Task
The word "what" occurs in some lines of the listing. Copy those lines.

Records for this task
===============

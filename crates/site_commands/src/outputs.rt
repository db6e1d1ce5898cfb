//! Where files are written to, by their names.
ghost use Rattle.std.specs.Prelude.{[], ◌∷◌, List, None, Option, false, true, IfErr, IfOk};
ghost use Rattle.site_commands.specs.Outputs.{GrewBy, Output};

use std::alloc::{AllocError, Global};
use std::fs::{File, OpenFile};
use std::io::Write;
use std::rt::Files;
use std::{fs, io};

/// Why a file wasn't saved.
#[derive(Clone, Copy, PartialEq, Eq, Debug)]
pub enum Unsaved {
    OutOfMemory,
    /// The system refuses to make, to write or to rename it.
    CannotWrite,
}

/// Where files are written to.
///
/// Its list of outputs says what was asked for, in which order, and whether it was done, where that
/// is known; of the files of the operating system no clause can say more.
pub trait Outputs {
    /// The files that were asked to be saved so far, in order, where they are known.
    ghost outputs: { Self → Option (List Output) } = { λ _. None };

    /// Saves an output file of that name with these bytes, in place of what has the name. Where it
    /// can't, what has the name stays as it is.
    fn save(&mut self, alloc: Global, name: &str, bytes: &[u8]) -> Result<(), Unsaved>
        ensures ok { IfOk result (λ _. GrewBy (outputs self.old) (outputs self.new)
            (record { name = name.now; bytes = bytes.now; is_saved = true } ∷ [])) }
        ensures err { IfErr result (λ _. GrewBy (outputs self.old) (outputs self.new)
            (record { name = name.now; bytes = bytes.now; is_saved = false } ∷ [])) };
}

/// The files of the operating system. One is written beside its name, as `NAME.new`, brought to the
/// disk, and then takes the name at once.
#[derive(Drop)]
pub struct SystemOutputs<'a, R> {
    rt: &'a R,
}

impl<'a, R> SystemOutputs<'a, R> {
    /// The output files of this runtime, which the program saves.
    pub fn new(rt: &'a R) -> SystemOutputs<'a, R> {
        SystemOutputs { rt }
    }
}

impl<'a, R: Files> Outputs for SystemOutputs<'a, R> {
    fn save(&mut self, alloc: Global, name: &str, bytes: &[u8]) -> Result<(), Unsaved> {
        match name_beside(alloc, name) {
            Ok(beside) => match write_over(self.rt, name, beside.as_str(), bytes) {
                Ok(()) => Ok(()),
                Err(_) => Err(Unsaved::CannotWrite),
            },
            Err(_) => Err(Unsaved::OutOfMemory),
        }
    }
}

/// The name of a file that the program saves while it is written.
fn name_beside(alloc: Global, name: &str) -> Result<String, AllocError> {
    format!(in alloc; "{name}.new")
}

/// Writes a file that the program saves under the name beside, and gives it its own. Where that
/// fails nothing stays beside.
fn write_over<R: Files>(rt: &R, name: &str, beside: &str, bytes: &[u8]) -> io::Result<()> {
    let file = File::create(rt, beside)?;
    match write_whole(file, bytes) {
        Ok(()) => match fs::rename(rt, beside, name) {
            Ok(()) => Ok(()),
            Err(error) => give_up(rt, beside, error),
        },
        Err(error) => give_up(rt, beside, error),
    }
}

/// Writes the bytes of a file that is saved, and waits until the disk has them.
fn write_whole<F: Write + OpenFile + Drop>(mut file: F, bytes: &[u8]) -> io::Result<()> {
    file.write_all(bytes)?;
    file.sync_all()
}

/// Takes away what was begun of a file to be saved, as far as that can be done.
fn give_up<R: Files>(rt: &R, beside: &str, error: io::Error) -> io::Result<()> {
    let _gone = fs::remove_file(rt, beside);
    Err(error)
}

===============

Your solution
/// Its list of outputs says what was asked for, in which order, and whether it was done, where that
    /// Saves an output file of that name with these bytes, in place of what has the name. Where it
    /// can't, what has the name stays as it is.
/// Takes away what was begun of a file to be saved, as far as that can be done.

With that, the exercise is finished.